Records contained in a dataset
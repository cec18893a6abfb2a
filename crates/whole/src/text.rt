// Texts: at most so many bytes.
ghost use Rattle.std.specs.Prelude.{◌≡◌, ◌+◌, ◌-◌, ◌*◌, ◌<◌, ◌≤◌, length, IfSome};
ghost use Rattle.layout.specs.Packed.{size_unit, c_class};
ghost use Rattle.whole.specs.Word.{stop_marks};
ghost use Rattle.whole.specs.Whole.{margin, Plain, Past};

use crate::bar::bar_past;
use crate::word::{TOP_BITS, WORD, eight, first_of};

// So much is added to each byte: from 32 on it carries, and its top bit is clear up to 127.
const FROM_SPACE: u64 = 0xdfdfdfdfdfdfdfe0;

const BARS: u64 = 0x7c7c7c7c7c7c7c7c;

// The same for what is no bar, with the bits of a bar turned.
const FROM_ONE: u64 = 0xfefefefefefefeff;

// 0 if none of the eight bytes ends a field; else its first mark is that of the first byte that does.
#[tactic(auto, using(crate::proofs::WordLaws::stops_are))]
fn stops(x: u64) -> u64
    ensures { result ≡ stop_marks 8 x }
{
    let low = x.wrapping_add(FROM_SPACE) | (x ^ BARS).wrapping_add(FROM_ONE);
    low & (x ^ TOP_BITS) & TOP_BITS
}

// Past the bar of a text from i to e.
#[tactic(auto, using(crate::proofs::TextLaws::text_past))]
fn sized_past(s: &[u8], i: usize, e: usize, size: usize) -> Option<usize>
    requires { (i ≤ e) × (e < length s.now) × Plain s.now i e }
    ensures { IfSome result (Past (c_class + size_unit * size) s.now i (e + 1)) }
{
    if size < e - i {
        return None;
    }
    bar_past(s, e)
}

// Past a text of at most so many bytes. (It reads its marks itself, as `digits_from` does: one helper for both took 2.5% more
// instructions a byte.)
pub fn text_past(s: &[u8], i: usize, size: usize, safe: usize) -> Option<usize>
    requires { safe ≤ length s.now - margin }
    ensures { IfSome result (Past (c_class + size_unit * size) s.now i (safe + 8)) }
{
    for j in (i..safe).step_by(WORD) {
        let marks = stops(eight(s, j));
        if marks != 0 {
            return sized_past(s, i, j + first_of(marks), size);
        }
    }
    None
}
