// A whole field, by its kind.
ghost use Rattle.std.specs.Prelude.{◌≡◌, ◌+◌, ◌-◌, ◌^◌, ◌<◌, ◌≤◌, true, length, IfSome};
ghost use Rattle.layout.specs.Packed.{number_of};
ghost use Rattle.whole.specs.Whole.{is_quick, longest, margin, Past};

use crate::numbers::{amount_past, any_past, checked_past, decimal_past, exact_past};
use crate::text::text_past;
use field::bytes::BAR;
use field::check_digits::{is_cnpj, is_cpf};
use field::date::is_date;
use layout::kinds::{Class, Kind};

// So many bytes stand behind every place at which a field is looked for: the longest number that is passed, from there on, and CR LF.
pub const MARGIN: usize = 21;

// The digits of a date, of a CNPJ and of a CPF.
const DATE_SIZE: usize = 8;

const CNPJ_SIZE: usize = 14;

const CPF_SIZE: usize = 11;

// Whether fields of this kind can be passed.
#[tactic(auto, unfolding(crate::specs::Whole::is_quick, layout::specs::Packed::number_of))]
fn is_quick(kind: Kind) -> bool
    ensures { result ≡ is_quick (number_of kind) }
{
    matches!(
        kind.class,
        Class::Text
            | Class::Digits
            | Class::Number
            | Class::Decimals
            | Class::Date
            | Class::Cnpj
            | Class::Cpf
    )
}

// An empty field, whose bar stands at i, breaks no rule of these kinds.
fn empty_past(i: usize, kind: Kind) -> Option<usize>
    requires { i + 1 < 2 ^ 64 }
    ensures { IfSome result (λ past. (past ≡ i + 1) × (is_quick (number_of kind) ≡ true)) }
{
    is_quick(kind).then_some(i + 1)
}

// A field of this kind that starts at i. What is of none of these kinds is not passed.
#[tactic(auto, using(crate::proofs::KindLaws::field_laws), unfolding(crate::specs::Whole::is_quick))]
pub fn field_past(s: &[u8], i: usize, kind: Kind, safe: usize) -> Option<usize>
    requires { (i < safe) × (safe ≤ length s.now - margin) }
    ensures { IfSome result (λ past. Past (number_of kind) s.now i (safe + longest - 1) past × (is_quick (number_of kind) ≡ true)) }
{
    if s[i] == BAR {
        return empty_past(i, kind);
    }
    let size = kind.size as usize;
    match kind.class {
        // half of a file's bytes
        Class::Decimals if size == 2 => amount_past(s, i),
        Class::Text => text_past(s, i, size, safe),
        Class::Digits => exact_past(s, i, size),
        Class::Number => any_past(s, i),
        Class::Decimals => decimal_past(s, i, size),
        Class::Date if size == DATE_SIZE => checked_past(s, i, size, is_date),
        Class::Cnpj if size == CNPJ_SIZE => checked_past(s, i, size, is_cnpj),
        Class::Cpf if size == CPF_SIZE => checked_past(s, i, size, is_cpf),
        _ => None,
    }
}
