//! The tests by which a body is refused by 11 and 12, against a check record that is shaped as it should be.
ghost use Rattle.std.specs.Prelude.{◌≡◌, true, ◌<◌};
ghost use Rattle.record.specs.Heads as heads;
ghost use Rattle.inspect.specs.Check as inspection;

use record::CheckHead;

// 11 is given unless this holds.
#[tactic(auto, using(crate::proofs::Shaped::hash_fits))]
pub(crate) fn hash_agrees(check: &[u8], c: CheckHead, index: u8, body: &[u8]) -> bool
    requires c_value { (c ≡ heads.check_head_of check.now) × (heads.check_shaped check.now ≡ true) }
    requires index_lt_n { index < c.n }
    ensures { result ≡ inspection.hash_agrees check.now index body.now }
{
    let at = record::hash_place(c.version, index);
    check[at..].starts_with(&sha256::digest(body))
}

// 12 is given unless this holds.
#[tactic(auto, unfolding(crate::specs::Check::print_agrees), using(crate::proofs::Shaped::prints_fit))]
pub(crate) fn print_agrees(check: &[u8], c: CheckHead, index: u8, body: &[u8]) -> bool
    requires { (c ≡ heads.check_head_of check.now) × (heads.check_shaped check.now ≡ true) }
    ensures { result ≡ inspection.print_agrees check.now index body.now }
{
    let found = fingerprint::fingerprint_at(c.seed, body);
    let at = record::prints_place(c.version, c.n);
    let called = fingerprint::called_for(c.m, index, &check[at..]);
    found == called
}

...

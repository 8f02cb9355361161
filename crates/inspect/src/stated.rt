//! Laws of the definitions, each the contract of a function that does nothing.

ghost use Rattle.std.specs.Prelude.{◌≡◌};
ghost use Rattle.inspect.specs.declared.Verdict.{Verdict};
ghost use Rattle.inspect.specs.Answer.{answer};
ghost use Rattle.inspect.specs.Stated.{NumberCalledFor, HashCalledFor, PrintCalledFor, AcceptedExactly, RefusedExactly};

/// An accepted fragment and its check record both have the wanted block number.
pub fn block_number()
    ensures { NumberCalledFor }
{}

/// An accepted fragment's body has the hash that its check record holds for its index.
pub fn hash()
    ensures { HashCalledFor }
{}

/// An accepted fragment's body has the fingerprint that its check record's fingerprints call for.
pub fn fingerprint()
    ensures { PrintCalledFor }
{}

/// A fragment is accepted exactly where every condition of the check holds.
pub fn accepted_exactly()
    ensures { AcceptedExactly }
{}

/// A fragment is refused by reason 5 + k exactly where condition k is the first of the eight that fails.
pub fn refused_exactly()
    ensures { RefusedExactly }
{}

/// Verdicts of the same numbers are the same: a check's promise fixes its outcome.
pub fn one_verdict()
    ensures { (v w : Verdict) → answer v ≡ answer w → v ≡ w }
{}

==

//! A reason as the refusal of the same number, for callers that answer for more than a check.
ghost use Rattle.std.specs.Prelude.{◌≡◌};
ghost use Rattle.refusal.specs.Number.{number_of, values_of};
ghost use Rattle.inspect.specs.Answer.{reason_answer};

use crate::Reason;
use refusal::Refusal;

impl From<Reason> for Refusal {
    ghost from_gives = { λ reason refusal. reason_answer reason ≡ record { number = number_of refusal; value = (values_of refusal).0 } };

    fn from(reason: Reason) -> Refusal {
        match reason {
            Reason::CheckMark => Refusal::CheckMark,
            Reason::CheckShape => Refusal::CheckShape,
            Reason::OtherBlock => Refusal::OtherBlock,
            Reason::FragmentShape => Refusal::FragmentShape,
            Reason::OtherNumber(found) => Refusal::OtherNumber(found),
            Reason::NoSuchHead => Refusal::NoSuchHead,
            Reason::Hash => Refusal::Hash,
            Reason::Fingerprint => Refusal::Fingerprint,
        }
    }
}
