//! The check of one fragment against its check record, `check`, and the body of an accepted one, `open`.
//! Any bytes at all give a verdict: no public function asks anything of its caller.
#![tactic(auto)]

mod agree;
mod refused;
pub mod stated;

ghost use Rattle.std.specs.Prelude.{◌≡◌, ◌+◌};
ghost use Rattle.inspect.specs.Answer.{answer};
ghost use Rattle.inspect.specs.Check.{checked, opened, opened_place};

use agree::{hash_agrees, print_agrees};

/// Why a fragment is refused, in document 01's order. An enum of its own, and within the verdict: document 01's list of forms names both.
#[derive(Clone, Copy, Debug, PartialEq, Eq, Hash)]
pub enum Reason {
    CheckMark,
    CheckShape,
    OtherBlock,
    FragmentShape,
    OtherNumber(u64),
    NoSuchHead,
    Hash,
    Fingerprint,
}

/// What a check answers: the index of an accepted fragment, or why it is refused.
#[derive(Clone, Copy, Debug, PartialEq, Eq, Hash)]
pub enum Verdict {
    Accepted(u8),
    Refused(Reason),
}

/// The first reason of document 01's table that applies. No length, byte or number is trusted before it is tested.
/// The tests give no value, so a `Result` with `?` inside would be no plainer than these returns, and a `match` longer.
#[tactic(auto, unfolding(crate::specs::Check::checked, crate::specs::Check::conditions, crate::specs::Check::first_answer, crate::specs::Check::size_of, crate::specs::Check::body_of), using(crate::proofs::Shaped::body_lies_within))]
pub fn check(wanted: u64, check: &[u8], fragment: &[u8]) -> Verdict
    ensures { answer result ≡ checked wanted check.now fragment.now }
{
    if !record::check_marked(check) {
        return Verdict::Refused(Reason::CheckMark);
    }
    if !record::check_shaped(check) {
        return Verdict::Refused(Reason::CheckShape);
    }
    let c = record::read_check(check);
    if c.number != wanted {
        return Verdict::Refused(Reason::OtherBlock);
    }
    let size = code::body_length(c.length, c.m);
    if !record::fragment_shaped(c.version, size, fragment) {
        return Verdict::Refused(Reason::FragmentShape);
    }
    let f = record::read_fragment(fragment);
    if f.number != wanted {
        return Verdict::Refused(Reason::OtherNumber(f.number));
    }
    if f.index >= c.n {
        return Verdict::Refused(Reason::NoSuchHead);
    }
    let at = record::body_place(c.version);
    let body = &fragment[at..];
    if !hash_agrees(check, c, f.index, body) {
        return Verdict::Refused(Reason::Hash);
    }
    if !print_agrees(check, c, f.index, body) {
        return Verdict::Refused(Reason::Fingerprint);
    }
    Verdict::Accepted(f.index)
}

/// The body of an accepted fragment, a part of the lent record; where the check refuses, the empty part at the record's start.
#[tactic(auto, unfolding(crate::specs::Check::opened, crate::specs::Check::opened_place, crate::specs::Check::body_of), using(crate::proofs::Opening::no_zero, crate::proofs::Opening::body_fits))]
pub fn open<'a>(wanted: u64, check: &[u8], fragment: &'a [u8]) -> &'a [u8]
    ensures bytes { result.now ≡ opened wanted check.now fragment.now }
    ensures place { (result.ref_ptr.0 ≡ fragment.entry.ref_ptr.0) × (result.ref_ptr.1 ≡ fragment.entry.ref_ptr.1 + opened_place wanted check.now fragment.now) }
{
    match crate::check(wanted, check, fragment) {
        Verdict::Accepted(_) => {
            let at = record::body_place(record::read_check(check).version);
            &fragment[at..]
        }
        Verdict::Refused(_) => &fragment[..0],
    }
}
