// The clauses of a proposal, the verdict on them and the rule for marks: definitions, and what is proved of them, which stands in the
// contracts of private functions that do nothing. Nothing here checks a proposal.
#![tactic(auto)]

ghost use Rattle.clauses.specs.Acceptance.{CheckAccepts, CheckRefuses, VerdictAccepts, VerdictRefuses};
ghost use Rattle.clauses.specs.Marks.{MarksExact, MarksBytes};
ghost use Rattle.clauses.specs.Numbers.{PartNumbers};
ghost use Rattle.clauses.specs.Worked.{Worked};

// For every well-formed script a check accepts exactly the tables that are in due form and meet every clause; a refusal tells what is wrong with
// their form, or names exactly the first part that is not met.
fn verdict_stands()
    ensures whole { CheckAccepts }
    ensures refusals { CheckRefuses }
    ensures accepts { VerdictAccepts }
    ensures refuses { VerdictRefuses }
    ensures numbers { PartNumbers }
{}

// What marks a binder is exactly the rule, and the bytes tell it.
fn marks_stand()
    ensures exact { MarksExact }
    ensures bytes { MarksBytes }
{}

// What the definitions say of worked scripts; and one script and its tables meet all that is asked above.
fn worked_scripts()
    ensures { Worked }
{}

YOUR OBJECTIVE: The word "FragmentShape" appears in some lines of the records. Please work out how many and reply with that number only.

PROBLEM SOLUTION: 3